Настоятельница кивает и направляется к алтарю, над которым Богиня держит в руках золотую чашу. До меня доносится её тихий шёпот, волос касается странное дуновение, словно вздыхает кто-то. А потом я в полном недоумении наблюдаю, как в чаше появляется похожая на вино жидкость. Ваота обеими руками берёт этот сосуд из ладоней статуи и поворачивается ко мне.
— Праматерь готова услышать. Готовы ли вы, ваше высочество, просить её милости?
— Готов, — твёрдо произношу, принимая чашу.
— Тогда пейте. Это поможет войти в транс. Я оставлю вас, чтобы не мешать.

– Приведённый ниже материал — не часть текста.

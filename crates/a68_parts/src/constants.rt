//! The values that denotations and tags of the standard environ stand for.
ghost use Rattle.std.specs.Prelude.{◌≡◌, ◌<◌, length, map, IfOk};
ghost use Rattle.std.specs.Option.{is_some};
ghost use Rattle.a68_elab.specs.Constants as constants;
ghost use Rattle.a68_elab.specs.Made as made;

use a68_annot::{Annotated, Note};
use a68_base::{NoMemory, find};
use a68_denote::{bits_of, int_of, long_of};
use a68_ops::text_value;
use a68_tree::Node;
use a68_values::{Layout, Long, Plain, Value, ValueNode};
use std::alloc::Global;

/// The words that stand for truth values.
pub fn truths() -> &'static [(&'static str, bool)]
    ensures { map (λ row. (row.0.now, row.1)) result.now ≡ constants.truths }
{
    &[("TRUE", true), ("FALSE", false)]
}

// Reads the items behind the first quote of a string or character denotation.
fn items_in(alloc: Global, text: &[u8]) -> Result<Vec<u8>, NoMemory>
    ensures { IfOk result (λ items. items.items ≡ constants.items_in text.now) }
{
    let mut items = Vec::new(alloc);
    let mut at = 0;
    while text.len() - at > 1 {
        let byte = text[at];
        items.push(byte)?;
        at += if byte == b'"' { 2 } else { 1 };
    }
    Ok(items)
}

// Makes a CHAR of one item, and a row of CHAR of none or of more.
fn quoted(alloc: Global, items: &[u8]) -> Result<Value, NoMemory>
    ensures { IfOk result (λ value. value ≡ constants.quoted items.now) }
{
    match items {
        [only] => Ok(Value::of(Plain::Char(*only))),
        _ => text_value(alloc, items),
    }
}

// Reads a string or character denotation, where the text begins with a quote.
fn quoted_in(alloc: Global, text: &[u8]) -> Result<Option<Value>, NoMemory>
    ensures { IfOk result (λ value. value ≡ constants.quoted_in text.now) }
{
    match text.first() {
        Some(b'"') => {
            let items = items_in(alloc, &text[1..])?;
            let value = quoted(alloc, &items)?;
            Ok(Some(value))
        }
        _ => Ok(None),
    }
}

/// Does a spelling begin with a quote?
pub fn is_quoted(text: &[u8]) -> bool
    ensures { result ≡ is_some (constants.quoted_in text.now) }
{
    !text.is_empty() && text[0] == b'"'
}

/// Reads the value of a denotation by its spelling (Report, 8.1 to 8.3); none where it is the spelling of none.
pub fn value_in(alloc: Global, text: &[u8]) -> Result<Option<Value>, NoMemory>
    ensures { IfOk result (λ value. value ≡ constants.value_in text.now) }
{
    if let Some(number) = int_of(text) {
        return Ok(Some(Value::of(Plain::Int(number))));
    }
    if let Some(bits) = bits_of(text) {
        return Ok(Some(Value::of(Plain::Bits(bits))));
    }
    if let Some(holds) = find(truths(), text) {
        return Ok(Some(Value::of(Plain::Bool(holds))));
    }
    quoted_in(alloc, text)
}

/// Reads the value of a number behind LONG by its spelling (Report, 8.1); none where it is the spelling of none.
pub fn long_value_in(text: &[u8]) -> Option<Value>
    ensures { result ≡ constants.long_value_in text.now }
{
    match long_of(text) {
        Some(number) => Some(Value::of(Plain::Long(Long::of(number)))),
        None => None,
    }
}

// What LONG MAX INT counts of 2 to the power 64, and what is left of it.
const LONG_MAX_INT: Long = Long {
    high: 9_223_372_036_854_775_807,
    low: 18_446_744_073_709_551_615,
};

// The tags of the standard environ that stand for plain values.
fn standard_plain() -> &'static [(&'static str, Plain)]
    ensures { map (λ row. (row.0.now, row.1)) result.now ≡ constants.standard_plain }
{
    &[
        ("maxint", Plain::Int(9_223_372_036_854_775_807)),
        ("intwidth", Plain::Int(19)),
        ("bitswidth", Plain::Int(64)),
        ("maxabschar", Plain::Int(255)),
        ("longmaxint", Plain::Long(LONG_MAX_INT)),
        ("longintwidth", Plain::Int(39)),
    ]
}

// Those that stand for what print lays out.
fn standard_layouts() -> &'static [(&'static str, Layout)]
    ensures { map (λ row. (row.0.now, row.1)) result.now ≡ constants.standard_layouts }
{
    &[("newline", Layout::Newline), ("space", Layout::Space)]
}

// Finds the value of a tag of the standard environ that stands for one.
fn standard_in(tag: &[u8]) -> Option<Value>
    ensures { result ≡ constants.standard_in tag.now }
{
    if let Some(held) = find(standard_plain(), tag) {
        return Some(Value::of(held));
    }
    match find(standard_layouts(), tag) {
        Some(layout) => Some(Value {
            node: ValueNode::Layout(layout),
        }),
        None => None,
    }
}

/// The value of a tag that is not defined, where it stands for one of the standard environ.
pub fn standard_of(program: &Annotated, node: &Node, note: &Note) -> Option<Value>
    requires { node.now.name < length program.now.tree.spellings }
    ensures { result ≡ made.standard_of note.now.definition (made.spelling_of program.now node.now) }
{
    match note.definition {
        Some(_) => None,
        None => standard_in(program.tree.spelling(node.name)),
    }
}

— Благодарю, светлейшая Ваота.
Она кивает и молча обходит меня, чтобы покинуть зал. А я выпиваю в пару глотков божественного происхождения зелье, или что это такое, не позволяя себе сомнений и колебаний. Ни на что не похожая на вкус горьковато-терпкая жидкость мягко обволакивает пищевод, проваливаясь клубком тепла куда-то в район солнечного сплетения. Странное чувство покоя обволакивает, как-то незаметно забирая всё, что грызло меня в последнее время. Закрываю глаза, позволяя себе окунуться в это чувство. Тело будто исчезает, и лишь отголоском сознания я улавливаю удар коленями, на которые, кажется, опускаюсь.